Но если бы несчастья ограничились только этим! В конце концов, жалование Владимира Николаевича и хозяйственные таланты Варвары Александровны позволяли надеяться, что положение выправится. Несколько лет разумной экономии, и пока Сашенька вырастет, снова можно скопить, пусть не на самое богатое в Европе, но все-таки на приданное. Не сбылось. Заболел Владимир Николаевич, и, прежде чем врачи распознали дифтерит, слегла, заразившись, ухаживавшая за ним супруга.
Перепуганная тетушка Магдалена, которая забрала Сашеньку к себе в первый же день болезни ее отца, буквально рвалась на части, пытаясь и ухаживать за больными и уберечь от инфекции оставшуюся на ее попечении девочку. Сашеньку она уберегла, а вот родителей ее спасти ни она, ни врачи, не сумели.

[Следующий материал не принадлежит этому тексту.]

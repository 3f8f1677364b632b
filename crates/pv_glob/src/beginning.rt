//! How a string began that an automaton reads: only what decides whether the string can be a name.
ghost use Rattle.std.specs.Prelude.{◌≡◌, ◌<◌, ◌≤◌};
ghost use Rattle.pv_path.specs.Names.{is_name_byte};
ghost use Rattle.pv_glob.specs.Pairs.{beginning_after, beginning_of, code_of, is_nothing, may_end, may_follow};

/// How a string began that an automaton reads: only what decides whether the string can be a name that is not a staging
/// name.
#[derive(Clone, Copy, PartialEq, Eq)]
pub enum Beginning {
    /// No byte came yet.
    Nothing,
    /// `.`
    Dot,
    /// `..`
    TwoDots,
    /// `.#`
    DotHash,
    /// `.#t`
    DotHashT,
    /// `.#tf`
    DotHashTf,
    /// Any other bytes, after which every byte of a name may follow.
    Other,
}

/// The number of beginnings.
pub(crate) const BEGINNINGS: u32 = 7;

/// Returns whether a name may have this byte: it is neither NUL nor a slash.
fn is_name_byte(byte: u8) -> bool
    ensures { result ≡ is_name_byte byte }
{
    byte != 0 && byte != b'/'
}

impl Beginning {
    /// Returns the beginning with a number counted from 0.
    pub(crate) fn numbered(code: u32) -> Beginning
        ensures { result ≡ beginning_of code }
    {
        match code {
            0 => Beginning::Nothing,
            1 => Beginning::Dot,
            2 => Beginning::TwoDots,
            3 => Beginning::DotHash,
            4 => Beginning::DotHashT,
            5 => Beginning::DotHashTf,
            _ => Beginning::Other,
        }
    }

    /// Returns the number of the beginning, counted from 0.
    pub(crate) fn number(self) -> u32
        ensures value { result ≡ code_of self }
        ensures inside { result < 7 }
    {
        match self {
            Beginning::Nothing => 0,
            Beginning::Dot => 1,
            Beginning::TwoDots => 2,
            Beginning::DotHash => 3,
            Beginning::DotHashT => 4,
            Beginning::DotHashTf => 5,
            Beginning::Other => 6,
        }
    }

    /// Returns the beginning after one more byte.
    pub(crate) fn followed_by(self, byte: u8) -> Beginning
        ensures { result ≡ beginning_after self byte }
    {
        match self {
            Beginning::Nothing => if byte == b'.' {
                Beginning::Dot
            } else {
                Beginning::Other
            },
            Beginning::Dot => if byte == b'.' {
                Beginning::TwoDots
            } else if byte == b'#' {
                Beginning::DotHash
            } else {
                Beginning::Other
            },
            Beginning::DotHash => if byte == b't' {
                Beginning::DotHashT
            } else {
                Beginning::Other
            },
            Beginning::DotHashT => if byte == b'f' {
                Beginning::DotHashTf
            } else {
                Beginning::Other
            },
            _ => Beginning::Other,
        }
    }

    /// Returns whether this byte may follow in a name that is not a staging name.
    pub(crate) fn may_precede(self, byte: u8) -> bool
        ensures { result ≡ may_follow self byte }
    {
        match self {
            Beginning::DotHashTf => is_name_byte(byte) && byte != b'-',
            _ => is_name_byte(byte),
        }
    }

    /// Returns whether a word that began so may be a name without more bytes.
    pub(crate) fn may_end(self) -> bool
        ensures { result ≡ may_end self }
    {
        match self {
            Beginning::Nothing | Beginning::Dot | Beginning::TwoDots => false,
            _ => true,
        }
    }

    /// Returns whether no byte came yet.
    pub(crate) fn is_nothing(self) -> bool
        ensures { result ≡ is_nothing self }
    {
        match self {
            Beginning::Nothing => true,
            _ => false,
        }
    }
}
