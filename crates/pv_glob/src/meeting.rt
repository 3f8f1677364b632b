//! Finds the first path that two patterns share.
ghost use Rattle.std.specs.Prelude.{◌≡◌, ℕ, ◌<◌, ◌≤◌, List, [], ◌∷◌, ◌++◌, true, false, not, ◌&&◌, nat_lt, length, slice_index_or, All, IsNone, IfOk, IfSome, MatchOption, if◌then◌else◌};
ghost use Rattle.pv_path.specs.Paths.{Path};
ghost use Rattle.pv_glob.specs.Matching.{component_matches};
ghost use Rattle.pv_glob.specs.Meeting.{are_met, has_room, is_met, met_at, shares};
ghost use Rattle.pv_glob.specs.Pairs.{is_shared};
ghost use Rattle.pv_glob.specs.Words.{Finds, IsFirst, shared_cmp, word_cmp};

use crate::apart::are_apart;
use crate::earlier::earlier;
use crate::element::Component;
use crate::literal_name::{name_by, written};
use crate::pair::pair_of;
use crate::pattern::Pattern;
use crate::plain::Plain;
use crate::search::least_word;
use pv_path::{Bytes, Name, TreePath};
use std::alloc::{AllocError, Global};

/// The paths that a pattern matches, and, if `below` is true, also every path below one of them.
///
/// No path with a staging name belongs to it.
#[derive(Drop)]
pub struct Reach {
    /// The pattern.
    pub pattern: Pattern,
    /// Whether paths below a matched path belong to it too.
    pub below: bool,
}

/// Returns the first word that both components match, of any length, or `None` if there is none.
fn first_word(alloc: Global, a: &Component, b: &Component) -> Result<Option<Bytes>, AllocError>
    ensures none { IfOk result (λ found. IsNone found → (word : List ℕ) → is_shared a.now b.now word ≡ false) }
    ensures first { IfOk result (λ found. IfSome found (IsFirst word_cmp (is_shared a.now b.now))) }
{
    let mut machine = pair_of(a, b)?;
    let places = machine.places();
    least_word(alloc, &mut machine, places)
}

/// Returns the first name that both components match, found by an automaton, or `None` if there is none.
///
/// A name has at most 255 bytes.
fn searched_name(alloc: Global, a: &Component, b: &Component) -> Result<Option<Name>, AllocError>
    ensures none { IfOk result (λ found. IsNone found → (name : List ℕ) → shares a.now b.now name ≡ false) }
    ensures first { IfOk result (λ found. IfSome found (IsFirst word_cmp (shares a.now b.now))) }
{
    match first_word(alloc, a, b)? {
        Some(word) => {
            if word.len() <= 255 {
                Ok(Some(Name::of(alloc, word.as_slice())?))
            } else {
                Ok(None)
            }
        }
        None => Ok(None),
    }
}

/// Returns the first name that both components match, or `None` if there is none.
///
/// A component without wildcards matches one name alone. If one of the two is such, no automaton is made.
fn first_name(alloc: Global, a: &Component, b: &Component) -> Result<Option<Name>, AllocError>
    ensures none { IfOk result (λ found. IsNone found → (name : List ℕ) → shares a.now b.now name ≡ false) }
    ensures first { IfOk result (λ found. IfSome found (IsFirst word_cmp (shares a.now b.now))) }
{
    match written(alloc, a)? {
        Some(bytes) => name_by(alloc, b, &bytes),
        None => match written(alloc, b)? {
            Some(bytes) => name_by(alloc, a, &bytes),
            None => searched_name(alloc, a, b),
        },
    }
}

/// Returns true only if two components at one index match no name in common. The call does not allocate.
fn some_apart(a: &[Component], b: &[Component]) -> bool
    ensures { result ≡ true → (k : ℕ) × (k < length a.now) × (k < length b.now) × ((name : List ℕ) → shares (slice_index_or a.now k []) (slice_index_or b.now k []) name ≡ false) }
{
    for (i, component) in a.iter().enumerate() {
        if i < b.len() && are_apart(component.as_slice(), b[i].as_slice()) {
            return true;
        }
    }
    false
}

/// Returns whether a path of some length can belong to both.
fn has_room(a: &[Component], a_below: bool, b: &[Component], b_below: bool) -> bool
    ensures { result ≡ has_room a.now a_below b.now b_below }
{
    if a.len() < b.len() {
        a_below
    } else if b.len() < a.len() {
        b_below
    } else {
        true
    }
}

/// Returns the component of the first pattern at an index, or that of the second past the end of the first.
fn component_at<'a>(a: &'a [Component], b: &'a [Component], at: usize) -> &'a Component
    requires { length a.now ≤ at → at < length b.now }
    ensures { result.now ≡ met_at a.now b.now at }
{
    if at < a.len() { &a[at] } else { &b[at] }
}

/// Returns the first path that belongs to both, of two patterns without braces, or `None` if there is none.
fn meet_plain(
    alloc: Global,
    a: &[Component],
    a_below: bool,
    b: &[Component],
    b_below: bool,
) -> Result<Option<TreePath>, AllocError>
    ensures none { IfOk result (λ found. IsNone found → (path : Path) → is_met a.now a_below b.now b_below path ≡ false) }
    ensures first { IfOk result (λ found. IfSome found (IsFirst shared_cmp (is_met a.now a_below b.now b_below))) }
{
    if !has_room(a, a_below, b, b_below) || some_apart(a, b) {
        return Ok(None);
    }
    let mut path = TreePath::root(alloc);
    for i in 0..a.len().max(b.len()) {
        let left = component_at(a, b, i);
        let right = component_at(b, a, i);
        match first_name(alloc, left, right)? {
            Some(name) => path.push(name)?,
            None => return Ok(None),
        }
    }
    Ok(Some(path))
}

/// Returns the first path that belongs to a pattern without braces and to any of some others, or `None` if there is
/// none.
fn meet_each(
    alloc: Global,
    a: &[Component],
    a_below: bool,
    b: &[Plain],
    b_below: bool,
) -> Result<Option<TreePath>, AllocError>
    ensures { IfOk result (Finds (are_met (a.now ∷ []) a_below b.now b_below)) }
{
    let mut found = None;
    for plain in b {
        let next = meet_plain(alloc, a, a_below, plain.components(), b_below)?;
        found = earlier(found, next);
    }
    Ok(found)
}

/// Returns the first path that belongs to any of some patterns without braces and to any of some others, or `None`.
fn meet_all(
    alloc: Global,
    a: &[Plain],
    a_below: bool,
    b: &[Plain],
    b_below: bool,
) -> Result<Option<TreePath>, AllocError>
    ensures { IfOk result (Finds (are_met a.now a_below b.now b_below)) }
{
    let mut found = None;
    for plain in a {
        let next = meet_each(alloc, plain.components(), a_below, b, b_below)?;
        found = earlier(found, next);
    }
    Ok(found)
}

/// Returns the first path that belongs to both `a` and `b`, or `None` exactly if there is no such path.
///
/// A path with fewer names comes first. Among paths with the same number of names, the first name that differs
/// decides, and the shorter name comes first. In names of one length the first byte that differs decides: `a` to
/// `z`, then `0` to `9`, then `A` to `Z`, then the other bytes by value. The only error is `AllocError`.
///
/// For example, the first path that `/a/*b` and `/a/b*` share is `/a/b`.
pub fn meet(alloc: Global, a: &Reach, b: &Reach) -> Result<Option<TreePath>, AllocError>
    ensures none { IfOk result (λ found. IsNone found → (path : Path) → are_met a.now.pattern a.now.below b.now.pattern b.now.below path ≡ false) }
    ensures first { IfOk result (λ found. IfSome found (IsFirst shared_cmp (are_met a.now.pattern a.now.below b.now.pattern b.now.below))) }
{
    meet_all(
        alloc,
        a.pattern.plains(),
        a.below,
        b.pattern.plains(),
        b.below,
    )
}
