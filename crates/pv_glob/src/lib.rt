//! Patterns of paths (glob(7)): how they are read, which paths they match, and the first path that two of them share.
//!
//! A program needs [`parse_pattern`], [`literal`], [`matches`] and [`meet`]. The other items are the parts that these
//! calls are made of.
#![tactic(auto)]

mod alike;
mod apart;
mod beginning;
mod brace_reading;
mod braces;
mod bracket;
mod class;
mod component;
mod earlier;
mod element;
mod laws;
mod literal_name;
mod matching;
mod meeting;
mod moves;
mod pair;
mod parse;
mod pattern;
mod pattern_fault;
mod plain;
mod rank;
mod search;
mod spot;
mod taker;
mod word;
mod words;

pub use element::{ByteRange, ByteSet, Component, Element};
pub use laws::an_escaped_path_spells_its_literal;
pub use literal_name::written;
pub use meeting::{Reach, meet};
pub use moves::{Move, MoveList, Moves};
pub use pair::PairMachine;
pub use parse::parse_pattern;
pub use pattern::{Pattern, literal, matches, matches_first};
pub use pattern_fault::PatternFault;
pub use plain::Plain;
pub use search::least_word;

На лечение, а потом на похороны, ушли все деньги, какие оставались в доме и пособие, полученное от почтового ведомства. Казенный дом следовало освободить – десятилетняя девочка осталась одна, без средств, без крыши над головой. К счастью, тетушка Магдалена действительно оказалась настоящим другом семьи. Она спасла Сашеньку от приюта, взяв ее в свой дом и оформив опекунство. Ни разу, за прошедшие девять лет, не пожалела панна Домбрович об этом решении. Шестидесятисемилетняя старая дева – маленького роста, хрупкая, несколько пугливая, склонная к философским размышлениям и длинным монологам, жила со своей воспитанницей душа в душу.
А Сашенька, из милого ребенка, к девятнадцати годам превратилась в не менее милую, доброжелательную девушку. Может она была слишком порывистой и быстрой в движениях, но это считалось бы недостатком, вращайся она в светском обществе. Высокий рост, худобу, темные волосы и глаза там тоже поставили бы ей в упрек – в моде были пышные голубоглазые блондинки с плавными движениями. В доме же панны Магдалены, все считали ее очень хорошенькой.
Да Сашенька и была хорошенькой, как всякая здоровая девятнадцатилетняя девушка. Немодные, темно-русые волосы, она заплетала в аккуратную косу, заботясь не столько о красоте, сколько о собственном удобстве. Но при этом, слегка вьющиеся прядки, выбивающиеся на висках, так изящно обрамляли ее лицо, что даже если бы девушка провела перед зеркалом, занимаясь своей прической, не пять минут, а долгие часы, результат не мог бы быть лучше.